## Stored data entries
◇ ◇ ◇

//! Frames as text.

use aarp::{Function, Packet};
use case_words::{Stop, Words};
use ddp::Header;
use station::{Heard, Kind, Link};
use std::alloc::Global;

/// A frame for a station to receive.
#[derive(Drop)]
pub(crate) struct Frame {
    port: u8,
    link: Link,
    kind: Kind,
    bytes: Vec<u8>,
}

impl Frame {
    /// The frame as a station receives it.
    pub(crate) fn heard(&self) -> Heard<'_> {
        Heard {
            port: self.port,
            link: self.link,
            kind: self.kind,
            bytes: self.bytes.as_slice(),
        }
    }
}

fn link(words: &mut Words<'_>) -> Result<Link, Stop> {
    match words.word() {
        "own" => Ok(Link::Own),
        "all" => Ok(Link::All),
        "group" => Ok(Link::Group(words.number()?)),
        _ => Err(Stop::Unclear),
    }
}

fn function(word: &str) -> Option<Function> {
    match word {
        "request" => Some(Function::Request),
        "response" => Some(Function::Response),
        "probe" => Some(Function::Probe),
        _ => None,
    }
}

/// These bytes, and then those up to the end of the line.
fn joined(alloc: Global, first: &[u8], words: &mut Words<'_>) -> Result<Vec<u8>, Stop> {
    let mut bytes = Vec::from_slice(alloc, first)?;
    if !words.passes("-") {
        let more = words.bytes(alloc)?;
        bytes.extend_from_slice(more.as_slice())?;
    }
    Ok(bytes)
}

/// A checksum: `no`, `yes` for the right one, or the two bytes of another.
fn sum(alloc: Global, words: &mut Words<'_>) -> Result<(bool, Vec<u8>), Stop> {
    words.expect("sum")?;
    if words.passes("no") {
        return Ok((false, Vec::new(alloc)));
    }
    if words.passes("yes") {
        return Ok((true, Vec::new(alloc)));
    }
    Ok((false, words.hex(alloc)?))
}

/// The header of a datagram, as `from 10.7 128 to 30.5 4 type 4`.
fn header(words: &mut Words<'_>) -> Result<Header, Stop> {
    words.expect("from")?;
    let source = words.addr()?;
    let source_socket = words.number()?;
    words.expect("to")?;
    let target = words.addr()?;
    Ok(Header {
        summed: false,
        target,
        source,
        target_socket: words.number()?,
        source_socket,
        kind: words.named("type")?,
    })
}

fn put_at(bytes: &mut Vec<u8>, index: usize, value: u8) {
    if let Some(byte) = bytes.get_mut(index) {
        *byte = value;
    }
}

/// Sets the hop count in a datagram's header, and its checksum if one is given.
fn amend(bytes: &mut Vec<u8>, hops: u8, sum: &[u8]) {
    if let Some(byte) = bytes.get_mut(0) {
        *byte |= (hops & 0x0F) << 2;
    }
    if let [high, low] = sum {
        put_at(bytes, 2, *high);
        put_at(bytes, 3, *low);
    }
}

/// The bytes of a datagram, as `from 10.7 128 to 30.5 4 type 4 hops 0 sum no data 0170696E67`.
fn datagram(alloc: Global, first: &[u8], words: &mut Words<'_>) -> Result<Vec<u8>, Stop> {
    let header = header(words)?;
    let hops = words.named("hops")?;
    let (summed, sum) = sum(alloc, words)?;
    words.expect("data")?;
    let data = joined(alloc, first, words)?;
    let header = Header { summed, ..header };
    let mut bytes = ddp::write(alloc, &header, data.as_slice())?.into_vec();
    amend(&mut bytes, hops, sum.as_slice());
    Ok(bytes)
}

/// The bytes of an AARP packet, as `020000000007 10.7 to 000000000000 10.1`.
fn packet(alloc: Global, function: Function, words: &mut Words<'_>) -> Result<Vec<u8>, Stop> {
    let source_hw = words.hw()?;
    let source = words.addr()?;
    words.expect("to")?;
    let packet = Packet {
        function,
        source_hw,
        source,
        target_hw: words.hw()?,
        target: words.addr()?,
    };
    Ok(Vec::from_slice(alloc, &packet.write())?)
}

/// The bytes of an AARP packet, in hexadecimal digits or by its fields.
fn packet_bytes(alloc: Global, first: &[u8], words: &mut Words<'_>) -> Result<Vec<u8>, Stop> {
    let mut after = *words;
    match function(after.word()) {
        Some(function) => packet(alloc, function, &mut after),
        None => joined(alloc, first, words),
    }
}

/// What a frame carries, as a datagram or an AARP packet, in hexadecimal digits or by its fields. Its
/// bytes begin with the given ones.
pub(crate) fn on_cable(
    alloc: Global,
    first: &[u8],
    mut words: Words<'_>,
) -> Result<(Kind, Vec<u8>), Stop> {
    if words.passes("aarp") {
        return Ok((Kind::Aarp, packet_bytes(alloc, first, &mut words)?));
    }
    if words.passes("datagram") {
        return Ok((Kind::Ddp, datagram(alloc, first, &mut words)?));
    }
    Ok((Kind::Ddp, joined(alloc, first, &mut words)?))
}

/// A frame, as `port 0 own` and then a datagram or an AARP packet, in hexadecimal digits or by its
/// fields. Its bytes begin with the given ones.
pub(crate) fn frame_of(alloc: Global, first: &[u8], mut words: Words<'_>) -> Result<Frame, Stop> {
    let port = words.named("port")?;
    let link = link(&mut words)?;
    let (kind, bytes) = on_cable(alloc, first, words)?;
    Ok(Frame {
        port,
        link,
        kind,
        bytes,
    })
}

◇ ◇ ◇

## Task details
Would you please reproduce the entries above word for word?

## Answer section
//! Frames as text.

use aarp::{Function, Packet};
use case_words::{Stop, Words};
use ddp::Header;
use station::{Heard, Kind, Link};
use std::alloc::Global;

/// A frame for a station to receive.
#[derive(Drop)]
pub(crate) struct Frame {
    port: u8,
    link: Link,
    kind: Kind,
    bytes: Vec<u8>,
}

impl Frame {
    /// The frame as a station receives it.
    pub(crate) fn heard(&self) -> Heard<'_> {
        Heard {
            port: self.port,
            link: self.link,
            kind: self.kind,
            bytes: self.bytes.as_slice(),
        }
    }
}

fn link(words: &mut Words<'_>) -> Result<Link, Stop> {
    match words.word() {
        "own" => Ok(Link::Own),
        "all" => Ok(Link::All),
        "group" => Ok(Link::Group(words.number()?)),
        _ => Err(Stop::Unclear),
    }
}

fn function(word: &str) -> Option<Function> {
    match word {
        "request" => Some(Function::Request),
        "response" => Some(Function::Response),
        "probe" => Some(Function::Probe),
        _ => None,
    }
}

/// These bytes, and then those up to the end of the line.
fn joined(alloc: Global, first: &[u8], words: &mut Words<'_>) -> Result<Vec<u8>, Stop> {
    let mut bytes = Vec::from_slice(alloc, first)?;
    if !words.passes("-") {
        let more = words.bytes(alloc)?;
        bytes.extend_from_slice(more.as_slice())?;
    }
    Ok(bytes)
}

/// A checksum: `no`, `yes` for the right one, or the two bytes of another.
fn sum(alloc: Global, words: &mut Words<'_>) -> Result<(bool, Vec<u8>), Stop> {
    words.expect("sum")?;
    if words.passes("no") {
        return Ok((false, Vec::new(alloc)));
    }
    if words.passes("yes") {
        return Ok((true, Vec::new(alloc)));
    }
    Ok((false, words.hex(alloc)?))
}

/// The header of a datagram, as `from 10.7 128 to 30.5 4 type 4`.
fn header(words: &mut Words<'_>) -> Result<Header, Stop> {
    words.expect("from")?;
    let source = words.addr()?;
    let source_socket = words.number()?;
    words.expect("to")?;
    let target = words.addr()?;
    Ok(Header {
        summed: false,
        target,
        source,
        target_socket: words.number()?,
        source_socket,
        kind: words.named("type")?,
    })
}

fn put_at(bytes: &mut Vec<u8>, index: usize, value: u8) {
    if let Some(byte) = bytes.get_mut(index) {
        *byte = value;
    }
}

/// Sets the hop count in a datagram's header, and its checksum if one is given.
fn amend(bytes: &mut Vec<u8>, hops: u8, sum: &[u8]) {
    if let Some(byte) = bytes.get_mut(0) {
        *byte |= (hops & 0x0F) << 2;
    }
    if let [high, low] = sum {
        put_at(bytes, 2, *high);
        put_at(bytes, 3, *low);
    }
}

/// The bytes of a datagram, as `from 10.7 128 to 30.5 4 type 4 hops 0 sum no data 0170696E67`.
fn datagram(alloc: Global, first: &[u8], words: &mut Words<'_>) -> Result<Vec<u8>, Stop> {
    let header = header(words)?;
    let hops = words.named("hops")?;
    let (summed, sum) = sum(alloc, words)?;
    words.expect("data")?;
    let data = joined(alloc, first, words)?;
    let header = Header { summed, ..header };
    let mut bytes = ddp::write(alloc, &header, data.as_slice())?.into_vec();
    amend(&mut bytes, hops, sum.as_slice());
    Ok(bytes)
}

/// The bytes of an AARP packet, as `020000000007 10.7 to 000000000000 10.1`.
fn packet(alloc: Global, function: Function, words: &mut Words<'_>) -> Result<Vec<u8>, Stop> {
    let source_hw = words.hw()?;
    let source = words.addr()?;
    words.expect("to")?;
    let packet = Packet {
        function,
        source_hw,
        source,
        target_hw: words.hw()?,
        target: words.addr()?,
    };
    Ok(Vec::from_slice(alloc, &packet.write())?)
}

/// The bytes of an AARP packet, in hexadecimal digits or by its fields.
fn packet_bytes(alloc: Global, first: &[u8], words: &mut Words<'_>) -> Result<Vec<u8>, Stop> {
    let mut after = *words;
    match function(after.word()) {
        Some(function) => packet(alloc, function, &mut after),
        None => joined(alloc, first, words),
    }
}

/// What a frame carries, as a datagram or an AARP packet, in hexadecimal digits or by its fields. Its
/// bytes begin with the given ones.
pub(crate) fn on_cable(
    alloc: Global,
    first: &[u8],
    mut words: Words<'_>,
) -> Result<(Kind, Vec<u8>), Stop> {
    if words.passes("aarp") {
        return Ok((Kind::Aarp, packet_bytes(alloc, first, &mut words)?));
    }
    if words.passes("datagram") {
        return Ok((Kind::Ddp, datagram(alloc, first, &mut words)?));
    }
    Ok((Kind::Ddp, joined(alloc, first, &mut words)?))
}

/// A frame, as `port 0 own` and then a datagram or an AARP packet, in hexadecimal digits or by its
/// fields. Its bytes begin with the given ones.
pub(crate) fn frame_of(alloc: Global, first: &[u8], mut words: Words<'_>) -> Result<Frame, Stop> {
    let port = words.named("port")?;
    let link = link(&mut words)?;
    let (kind, bytes) = on_cable(alloc, first, words)?;
    Ok(Frame {
        port,
        link,
        kind,
        bytes,
    })
}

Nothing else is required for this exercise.